- Born: 2 December 1910 New York City, New York, U.S.
- Died: May 3, 1986 (aged 75) North Hollywood, Los Angeles, California, U.S.
- Education: New York University (B.S.) · National Academy of Design
- Occupation: Painter · Illustrator · Visual-effects artist · Academic · Screenwriter
- Years active: 1930s–1986
- Employer(s): 20th Century Fox · California State University, Northridge
- Known for: Matte‑painting & special effects in Hollywood sci‑fi; story originator for Forbidden Planet
- Notable work: Forbidden Planet (film story) · Kronos · Unknown World · contribution to Robby the Robot design
- Title: Professor of Art (CSUN, 1963–1980)
- Spouse: Gilda “Jill” Block
- Children: Gregg Block; Francesca Lia Block

= Irving Block =

American artist and academic (1910-1986)

Irving Block (1910-1986) was an American painter, illustrator, visual-effects artist, screenwriter, and professor. He worked on visual effects for Hollywood films and co-wrote the story that became Forbidden Planet. He later taught art at California State University, Northridge. His daughter is the writer Francesca Lia Block.

==Early life and education==

Irving Alexander Block was born on December 2, 1910, in New York City. Block earned a Bachelor of Science degree from New York University and later studied at the National Academy of Design. During the 1930s, Block became involved with the Works Projects Administration's Federal Art Project, a New Deal initiative aimed at supporting artists during the Great Depression.

==Career in Hollywood==

Block moved to California in the 1940s and worked in Hollywood. He joined 20th Century Fox as a matte shot artist, contributing visual effects and designs for various films. He created special effects for low-budget science-fiction and horror films using paintings and models. Block co-wrote the story that became the 1956 film Forbidden Planet. He is also credited with co-designing Robby the Robot, a character from the same film.

Over the years, Block contributed to numerous films, including Macabre, Kronos, The Caretakers, Alice in Wonderland, Atomic Submarine, Daniel in the Lion's Den, David and Goliath, The Exiles, The First Murder, Flight to Mars, From Caveman to Spaceman, Goya, Judgement of Solomon, Ripley's Believe it or Not, Stranger in my Skull, The Tower of Babel, and Venus and Adonis.

==Artistic career==

Block also worked as a painter, illustrator, and muralist. In the 1960s, he exhibited his work in several Los Angeles-area art galleries. His exhibits received mostly favorable reviews from critics.

==Academic career==

From 1963 to 1980, Block was a professor in the art department at California State University, Northridge (CSUN). After retiring from teaching, Block collaborated with the Santa Susana Press, published by the Oviatt Library at CSU Northridge, where he illustrated numerous fine press books in the 1970s and 1980s.

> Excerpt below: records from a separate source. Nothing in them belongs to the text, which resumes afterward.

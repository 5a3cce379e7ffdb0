//! Sinks, which take bytes in pieces, putting whole texts into them, and a buffer above a sink.
ghost use Rattle.std.specs.Prelude.{◌≡◌, [], ◌<◌, ◌≤◌, length, take, IfOk, IfSome, OnErr, IsErr, IsTrue, Ok, OnOk};
ghost use Rattle.std.specs.List.{flat_map};
ghost use Rattle.iv_bytes.specs.Sinks.{SinkState, Takes, FailsIn, Puts, buffered, waiting};

use crate::byte_queue::ByteQueue;
use thiserror::Error;

/// A write failed. The sink that answers it is failed from then on.
#[derive(Clone, Copy, Debug, PartialEq, Eq, Error)]
#[error("output cannot be written")]
pub struct WriteFault;

/// Takes bytes.
pub trait Sink {
    /// What it has taken so far, and whether it is failed.
    ghost state: { Self → SinkState };

    /// Takes some bytes from the front, at least one, and says how many. A fault takes nothing and fails the sink for good.
    fn push(&mut self, bytes: &[u8]) -> Result<usize, WriteFault>
        requires { 0 < length bytes.now }
        ensures some { IfOk result (λ n. (0 < n) × (n ≤ length bytes.now)) }
        ensures ok { IfOk result (λ n. Takes (state self.old) (state self.new) (take n bytes.now)) }
        ensures err { OnErr result (FailsIn (state self.old) (state self.new) []) }
        ensures failing { IsTrue (state self.old).failed → IsErr result };

    /// Whether a push has failed.
    fn failed(&self) -> bool
        ensures { result ≡ (state self.now).failed };
}

/// A sink that hands on what it holds when it is asked to.
pub trait Flush: Sink {
    /// Hands on all that is held, so that nothing waits afterwards. A fault fails the sink for good.
    fn flush(&mut self) -> Result<(), WriteFault>
        ensures puts { Puts (Self.state self.old) (Self.state self.new) result [] }
        ensures empty { OnOk result (waiting (Self.state self.new) ≡ []) };
}

/// Puts all the bytes. On a fault the sink has taken a prefix of them.
pub fn put_all<S: Sink>(sink: &mut S, bytes: &[u8]) -> Result<(), WriteFault>
    ensures { Puts (S.state sink.old) (S.state sink.new) result bytes.now }
{
    let mut rest = bytes;
    while !rest.is_empty() {
        let n = sink.push(rest)?;
        rest = &rest[n..];
    }
    Ok(())
}

/// How many bytes of a row are laid in one array.
const ROW: usize = 96;

/// Copies the pieces one after another to the front of an array, and says how many bytes they have.
///
/// `None` if there is no room for all of them.
fn lay(pieces: &[&[u8]], row: &mut [u8; 96]) -> Option<usize>
    ensures { IfSome result (λ n. (n ≤ 96) × (take n row.new ≡ flat_map (λ piece. piece.now) pieces.now)) }
{
    let mut end: usize = 0;
    for piece in pieces {
        let start = end;
        if piece.len() > ROW - start {
            return None;
        }
        end = start + piece.len();
        row[start..end].copy_from_slice(piece);
    }
    Some(end)
}

/// Puts the pieces one by one. On a fault the sink has taken a prefix of their text.
fn put_each<S: Sink>(sink: &mut S, pieces: &[&[u8]]) -> Result<(), WriteFault>
    ensures { Puts (S.state sink.old) (S.state sink.new) result (flat_map (λ piece. piece.now) pieces.now) }
{
    for piece in pieces {
        put_all(sink, piece)?;
    }
    Ok(())
}

/// Puts the pieces one after another. On a fault the sink has taken a prefix of their text.
///
/// A short text, of 96 bytes at most, is pushed as a whole.
pub fn put_pieces<S: Sink>(sink: &mut S, pieces: &[&[u8]]) -> Result<(), WriteFault>
    ensures { Puts (S.state sink.old) (S.state sink.new) result (flat_map (λ piece. piece.now) pieces.now) }
{
    let mut row = [0; 96];
    match lay(pieces, &mut row) {
        Some(end) => put_all(sink, &row[..end]),
        None => put_each(sink, pieces),
    }
}

/// A buffer of 8 KiB above a sink that is lent.
#[derive(Drop)]
pub struct Buffered<'a, S> {
    sink: &'a mut S,
    held: ByteQueue,
}

impl<'a, S: Sink> Buffered<'a, S> {
    pub fn new(sink: &'a mut S) -> Buffered<'a, S>
        ensures same_reference { result.sink.ghost_name ≡ sink.entry.ghost_name }
        ensures same { result.sink.now ≡ sink.old }
        ensures empty { result.held ≡ [] }
    {
        Buffered {
            sink,
            held: ByteQueue::new(),
        }
    }

    /// Hands on all that is held.
    fn flush(&mut self) -> Result<(), WriteFault>
        ensures ok { OnOk result (Takes (buffered (S.state self.old.sink.now) self.old.sink.ghost_name self.old.held) (buffered (S.state self.new.sink.now) self.new.sink.ghost_name self.new.held) []) }
        ensures empty { OnOk result (self.new.held ≡ []) }
        ensures err { OnErr result (FailsIn (buffered (S.state self.old.sink.now) self.old.sink.ghost_name self.old.held) (buffered (S.state self.new.sink.now) self.new.sink.ghost_name self.new.held) []) }
    {
        while !self.held.bytes().is_empty() {
            let n = self.sink.push(self.held.bytes())?;
            self.held.skip(n);
        }
        Ok(())
    }

    /// Hands on all that is held, and gives the sink back.
    pub fn finish(self) -> Result<(), WriteFault>
        ensures { Puts (S.state self.entry.sink.now) (S.state self.exit.0.now) result self.entry.held }
    {
        let Buffered { sink, held } = self;
        put_all(sink, held.bytes())
    }
}

impl<S: Sink> Sink for Buffered<'_, S> {
    ghost state = { λ b. buffered (S.state b.sink.now) b.sink.ghost_name b.held };

    fn push(&mut self, bytes: &[u8]) -> Result<usize, WriteFault> {
        if self.sink.failed() {
            return Err(WriteFault);
        }
        let n = self.held.add(bytes);
        if n > 0 {
            return Ok(n);
        }
        self.flush()?;
        Ok(self.held.add(bytes))
    }

    fn failed(&self) -> bool {
        self.sink.failed()
    }
}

==Personal life and death==

Block was married to the poet Gilda Block, also known as Jill Block. The couple had a son, Gregg, and a daughter, Francesca Lia Block, who became a writer known for her Weetzie Bat series. Block died on May 3, 1986, in North Hollywood, California.

==Archival collections==

Block's personal and professional papers are archived at the Smithsonian Institution and at California State University, Northridge.